_DATA_
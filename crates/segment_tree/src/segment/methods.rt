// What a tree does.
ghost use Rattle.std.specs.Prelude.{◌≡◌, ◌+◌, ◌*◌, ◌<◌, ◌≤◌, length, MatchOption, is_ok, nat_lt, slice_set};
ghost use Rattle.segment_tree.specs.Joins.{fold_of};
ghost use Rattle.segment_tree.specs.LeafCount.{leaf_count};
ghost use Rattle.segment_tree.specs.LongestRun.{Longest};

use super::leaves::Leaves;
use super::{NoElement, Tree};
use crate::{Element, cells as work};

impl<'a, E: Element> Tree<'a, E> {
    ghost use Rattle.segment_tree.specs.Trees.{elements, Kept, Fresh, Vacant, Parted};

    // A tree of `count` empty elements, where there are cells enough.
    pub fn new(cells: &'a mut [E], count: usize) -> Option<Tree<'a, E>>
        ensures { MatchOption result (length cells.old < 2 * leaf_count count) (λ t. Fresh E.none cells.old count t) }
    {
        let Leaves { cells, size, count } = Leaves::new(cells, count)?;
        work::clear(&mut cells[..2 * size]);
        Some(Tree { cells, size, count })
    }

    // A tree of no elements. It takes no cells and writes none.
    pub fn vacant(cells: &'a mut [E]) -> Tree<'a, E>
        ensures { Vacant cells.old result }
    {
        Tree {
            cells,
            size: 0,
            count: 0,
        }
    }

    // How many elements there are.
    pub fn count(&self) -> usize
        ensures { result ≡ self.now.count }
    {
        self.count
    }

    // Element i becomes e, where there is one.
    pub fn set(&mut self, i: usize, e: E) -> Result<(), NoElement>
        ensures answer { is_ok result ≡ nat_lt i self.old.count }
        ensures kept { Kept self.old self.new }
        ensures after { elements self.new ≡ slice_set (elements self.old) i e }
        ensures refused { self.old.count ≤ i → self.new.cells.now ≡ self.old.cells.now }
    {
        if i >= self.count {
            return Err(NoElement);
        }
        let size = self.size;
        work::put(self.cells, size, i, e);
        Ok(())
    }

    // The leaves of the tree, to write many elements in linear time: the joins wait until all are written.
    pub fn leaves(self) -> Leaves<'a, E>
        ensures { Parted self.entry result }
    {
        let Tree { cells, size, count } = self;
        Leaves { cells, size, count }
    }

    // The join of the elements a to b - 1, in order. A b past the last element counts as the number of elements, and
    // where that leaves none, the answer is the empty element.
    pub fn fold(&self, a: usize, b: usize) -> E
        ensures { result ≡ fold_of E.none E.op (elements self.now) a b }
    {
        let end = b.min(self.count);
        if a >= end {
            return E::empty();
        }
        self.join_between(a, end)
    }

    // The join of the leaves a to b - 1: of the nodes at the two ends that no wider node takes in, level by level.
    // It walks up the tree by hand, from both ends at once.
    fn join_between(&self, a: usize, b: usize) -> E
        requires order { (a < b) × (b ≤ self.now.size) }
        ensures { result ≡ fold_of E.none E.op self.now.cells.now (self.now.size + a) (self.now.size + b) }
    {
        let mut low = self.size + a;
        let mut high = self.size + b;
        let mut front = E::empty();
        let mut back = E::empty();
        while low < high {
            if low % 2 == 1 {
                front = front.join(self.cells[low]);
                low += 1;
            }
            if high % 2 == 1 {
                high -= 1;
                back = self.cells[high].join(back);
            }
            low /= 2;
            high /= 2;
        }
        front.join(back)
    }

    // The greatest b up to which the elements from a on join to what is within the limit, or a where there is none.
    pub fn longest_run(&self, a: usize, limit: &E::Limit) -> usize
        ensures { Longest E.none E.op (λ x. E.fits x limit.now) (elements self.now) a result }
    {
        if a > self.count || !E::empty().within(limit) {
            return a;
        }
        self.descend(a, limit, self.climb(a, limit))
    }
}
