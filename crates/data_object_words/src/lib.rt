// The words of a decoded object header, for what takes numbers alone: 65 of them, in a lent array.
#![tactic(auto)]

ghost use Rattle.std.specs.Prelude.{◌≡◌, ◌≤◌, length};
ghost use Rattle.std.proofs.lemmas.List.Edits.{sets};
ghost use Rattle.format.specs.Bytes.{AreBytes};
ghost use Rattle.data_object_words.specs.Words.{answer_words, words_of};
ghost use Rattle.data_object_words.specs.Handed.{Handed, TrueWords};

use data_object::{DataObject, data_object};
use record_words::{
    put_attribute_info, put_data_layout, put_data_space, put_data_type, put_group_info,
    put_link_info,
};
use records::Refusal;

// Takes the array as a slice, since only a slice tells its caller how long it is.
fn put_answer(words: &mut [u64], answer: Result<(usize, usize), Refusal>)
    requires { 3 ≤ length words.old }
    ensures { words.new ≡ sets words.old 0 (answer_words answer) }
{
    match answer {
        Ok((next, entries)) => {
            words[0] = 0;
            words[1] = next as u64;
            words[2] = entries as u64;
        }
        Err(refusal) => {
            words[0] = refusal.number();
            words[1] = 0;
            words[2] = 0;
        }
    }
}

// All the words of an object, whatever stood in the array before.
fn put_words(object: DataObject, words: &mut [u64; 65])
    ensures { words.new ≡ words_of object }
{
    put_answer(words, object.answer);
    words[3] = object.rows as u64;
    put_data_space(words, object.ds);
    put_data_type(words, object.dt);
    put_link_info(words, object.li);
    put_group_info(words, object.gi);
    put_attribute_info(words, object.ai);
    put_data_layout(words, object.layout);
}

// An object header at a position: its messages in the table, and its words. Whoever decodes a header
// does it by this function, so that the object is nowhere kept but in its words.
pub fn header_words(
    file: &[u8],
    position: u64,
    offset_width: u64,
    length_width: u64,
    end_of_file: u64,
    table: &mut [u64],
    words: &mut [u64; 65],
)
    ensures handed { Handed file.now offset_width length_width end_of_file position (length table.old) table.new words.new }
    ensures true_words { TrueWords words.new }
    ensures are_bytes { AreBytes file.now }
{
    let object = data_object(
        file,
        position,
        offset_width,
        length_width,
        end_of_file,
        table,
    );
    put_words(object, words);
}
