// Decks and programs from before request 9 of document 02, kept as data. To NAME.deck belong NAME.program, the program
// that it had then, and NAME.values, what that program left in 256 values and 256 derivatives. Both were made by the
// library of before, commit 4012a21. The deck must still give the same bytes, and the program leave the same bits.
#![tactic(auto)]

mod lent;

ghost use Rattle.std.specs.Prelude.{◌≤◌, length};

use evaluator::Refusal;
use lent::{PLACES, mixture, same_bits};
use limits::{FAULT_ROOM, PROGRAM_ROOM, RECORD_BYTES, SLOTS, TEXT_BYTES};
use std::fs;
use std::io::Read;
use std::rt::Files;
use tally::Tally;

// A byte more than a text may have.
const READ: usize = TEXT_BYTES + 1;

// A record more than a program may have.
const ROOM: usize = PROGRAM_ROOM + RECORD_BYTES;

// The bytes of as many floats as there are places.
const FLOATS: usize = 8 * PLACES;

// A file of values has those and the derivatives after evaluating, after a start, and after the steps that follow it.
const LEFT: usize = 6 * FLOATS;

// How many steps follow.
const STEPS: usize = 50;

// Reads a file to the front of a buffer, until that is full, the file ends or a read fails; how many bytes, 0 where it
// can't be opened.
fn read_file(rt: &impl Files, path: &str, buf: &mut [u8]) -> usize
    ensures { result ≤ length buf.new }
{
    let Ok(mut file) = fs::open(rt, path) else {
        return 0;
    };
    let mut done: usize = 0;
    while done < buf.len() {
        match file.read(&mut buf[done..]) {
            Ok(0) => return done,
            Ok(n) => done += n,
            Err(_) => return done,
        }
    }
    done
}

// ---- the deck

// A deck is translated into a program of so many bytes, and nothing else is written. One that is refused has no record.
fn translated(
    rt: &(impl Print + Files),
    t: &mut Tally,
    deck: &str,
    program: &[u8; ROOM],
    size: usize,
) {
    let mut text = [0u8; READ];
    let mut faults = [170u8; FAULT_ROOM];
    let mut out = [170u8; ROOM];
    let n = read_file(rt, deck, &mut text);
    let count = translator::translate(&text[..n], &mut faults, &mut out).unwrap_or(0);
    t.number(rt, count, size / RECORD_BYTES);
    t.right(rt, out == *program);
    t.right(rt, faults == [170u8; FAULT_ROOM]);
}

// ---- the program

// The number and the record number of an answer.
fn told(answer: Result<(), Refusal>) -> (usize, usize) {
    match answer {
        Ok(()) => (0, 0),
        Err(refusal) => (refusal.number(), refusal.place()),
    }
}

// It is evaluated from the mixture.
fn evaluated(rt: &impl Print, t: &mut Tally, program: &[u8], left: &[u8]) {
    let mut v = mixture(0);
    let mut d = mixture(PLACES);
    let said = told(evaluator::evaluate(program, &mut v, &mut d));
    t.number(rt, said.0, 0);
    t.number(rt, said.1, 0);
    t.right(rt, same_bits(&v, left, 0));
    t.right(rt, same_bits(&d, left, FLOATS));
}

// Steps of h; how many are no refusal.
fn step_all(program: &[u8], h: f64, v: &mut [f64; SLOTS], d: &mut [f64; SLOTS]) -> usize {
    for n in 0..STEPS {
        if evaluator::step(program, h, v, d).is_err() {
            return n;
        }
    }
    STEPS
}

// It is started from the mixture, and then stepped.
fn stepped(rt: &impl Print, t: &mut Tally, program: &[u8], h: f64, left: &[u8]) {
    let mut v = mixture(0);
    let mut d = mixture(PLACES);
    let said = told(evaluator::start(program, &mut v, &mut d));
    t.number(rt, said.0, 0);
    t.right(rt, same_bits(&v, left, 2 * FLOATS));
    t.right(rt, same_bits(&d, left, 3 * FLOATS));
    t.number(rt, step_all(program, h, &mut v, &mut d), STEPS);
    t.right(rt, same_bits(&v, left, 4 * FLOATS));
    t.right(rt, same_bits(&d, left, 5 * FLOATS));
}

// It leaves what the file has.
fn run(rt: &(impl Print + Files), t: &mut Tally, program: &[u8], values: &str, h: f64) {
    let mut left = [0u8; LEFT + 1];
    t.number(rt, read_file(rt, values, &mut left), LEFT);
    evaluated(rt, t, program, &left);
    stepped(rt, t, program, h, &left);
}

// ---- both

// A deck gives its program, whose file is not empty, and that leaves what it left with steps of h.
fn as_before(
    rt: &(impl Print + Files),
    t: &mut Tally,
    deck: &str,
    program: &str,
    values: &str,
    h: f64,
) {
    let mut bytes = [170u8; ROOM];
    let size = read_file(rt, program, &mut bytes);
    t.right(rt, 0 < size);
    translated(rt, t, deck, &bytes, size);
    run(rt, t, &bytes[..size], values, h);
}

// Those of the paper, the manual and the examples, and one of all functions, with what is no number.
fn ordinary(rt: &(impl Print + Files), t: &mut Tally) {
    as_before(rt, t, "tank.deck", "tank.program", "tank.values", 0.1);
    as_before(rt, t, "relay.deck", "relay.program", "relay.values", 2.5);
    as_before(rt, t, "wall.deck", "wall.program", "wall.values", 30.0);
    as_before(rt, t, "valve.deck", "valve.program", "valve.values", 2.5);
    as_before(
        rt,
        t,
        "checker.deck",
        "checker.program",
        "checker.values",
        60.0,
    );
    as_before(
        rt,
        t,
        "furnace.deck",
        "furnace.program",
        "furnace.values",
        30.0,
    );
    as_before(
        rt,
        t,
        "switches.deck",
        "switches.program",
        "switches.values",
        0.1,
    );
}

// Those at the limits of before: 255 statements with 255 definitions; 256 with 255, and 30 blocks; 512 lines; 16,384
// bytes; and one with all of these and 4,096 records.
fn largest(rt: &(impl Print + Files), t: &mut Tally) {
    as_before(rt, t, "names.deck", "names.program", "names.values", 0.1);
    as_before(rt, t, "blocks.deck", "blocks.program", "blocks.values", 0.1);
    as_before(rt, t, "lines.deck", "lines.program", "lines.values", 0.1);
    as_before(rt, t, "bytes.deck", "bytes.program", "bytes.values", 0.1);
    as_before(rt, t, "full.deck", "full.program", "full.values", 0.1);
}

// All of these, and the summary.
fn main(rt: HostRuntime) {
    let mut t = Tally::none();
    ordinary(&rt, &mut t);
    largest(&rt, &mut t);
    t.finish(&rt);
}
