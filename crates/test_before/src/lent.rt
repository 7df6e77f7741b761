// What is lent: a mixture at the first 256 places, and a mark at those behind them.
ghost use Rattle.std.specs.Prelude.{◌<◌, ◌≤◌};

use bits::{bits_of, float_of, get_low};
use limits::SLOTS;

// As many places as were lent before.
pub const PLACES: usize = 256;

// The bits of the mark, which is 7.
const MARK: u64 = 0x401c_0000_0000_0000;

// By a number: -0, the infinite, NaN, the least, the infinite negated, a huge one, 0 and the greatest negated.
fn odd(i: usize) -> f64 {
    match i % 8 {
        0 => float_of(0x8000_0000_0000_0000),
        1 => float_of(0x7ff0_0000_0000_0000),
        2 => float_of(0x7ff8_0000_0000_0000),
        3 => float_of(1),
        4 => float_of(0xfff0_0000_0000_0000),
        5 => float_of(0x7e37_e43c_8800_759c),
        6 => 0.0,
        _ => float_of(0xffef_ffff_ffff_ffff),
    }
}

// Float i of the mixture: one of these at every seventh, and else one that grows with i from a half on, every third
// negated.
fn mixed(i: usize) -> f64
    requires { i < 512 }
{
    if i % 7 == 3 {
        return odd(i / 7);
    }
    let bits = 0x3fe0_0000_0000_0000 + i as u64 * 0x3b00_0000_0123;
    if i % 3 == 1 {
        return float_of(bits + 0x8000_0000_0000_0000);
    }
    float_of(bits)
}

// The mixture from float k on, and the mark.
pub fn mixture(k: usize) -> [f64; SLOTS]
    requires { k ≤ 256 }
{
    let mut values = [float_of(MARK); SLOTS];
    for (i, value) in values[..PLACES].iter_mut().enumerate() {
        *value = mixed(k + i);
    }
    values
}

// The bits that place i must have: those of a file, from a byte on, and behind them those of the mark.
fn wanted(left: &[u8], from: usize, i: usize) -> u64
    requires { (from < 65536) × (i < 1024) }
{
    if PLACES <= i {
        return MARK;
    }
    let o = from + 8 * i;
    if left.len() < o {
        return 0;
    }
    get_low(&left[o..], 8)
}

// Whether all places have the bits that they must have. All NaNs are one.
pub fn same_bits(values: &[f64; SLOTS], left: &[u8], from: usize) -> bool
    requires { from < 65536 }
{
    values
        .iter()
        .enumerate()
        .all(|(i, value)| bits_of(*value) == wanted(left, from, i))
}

_ACTION ITEM_
Throughout the material above, find every line holding "return" and copy it.

_EXERCISE RESULT_
            return Err(NoElement);
            return E::empty();
            return a;
        return 0;
            Ok(0) => return done,
            Err(_) => return done,
            return n;
        return odd(i / 7);
        return float_of(bits + 0x8000_0000_0000_0000);
        return MARK;
        return 0;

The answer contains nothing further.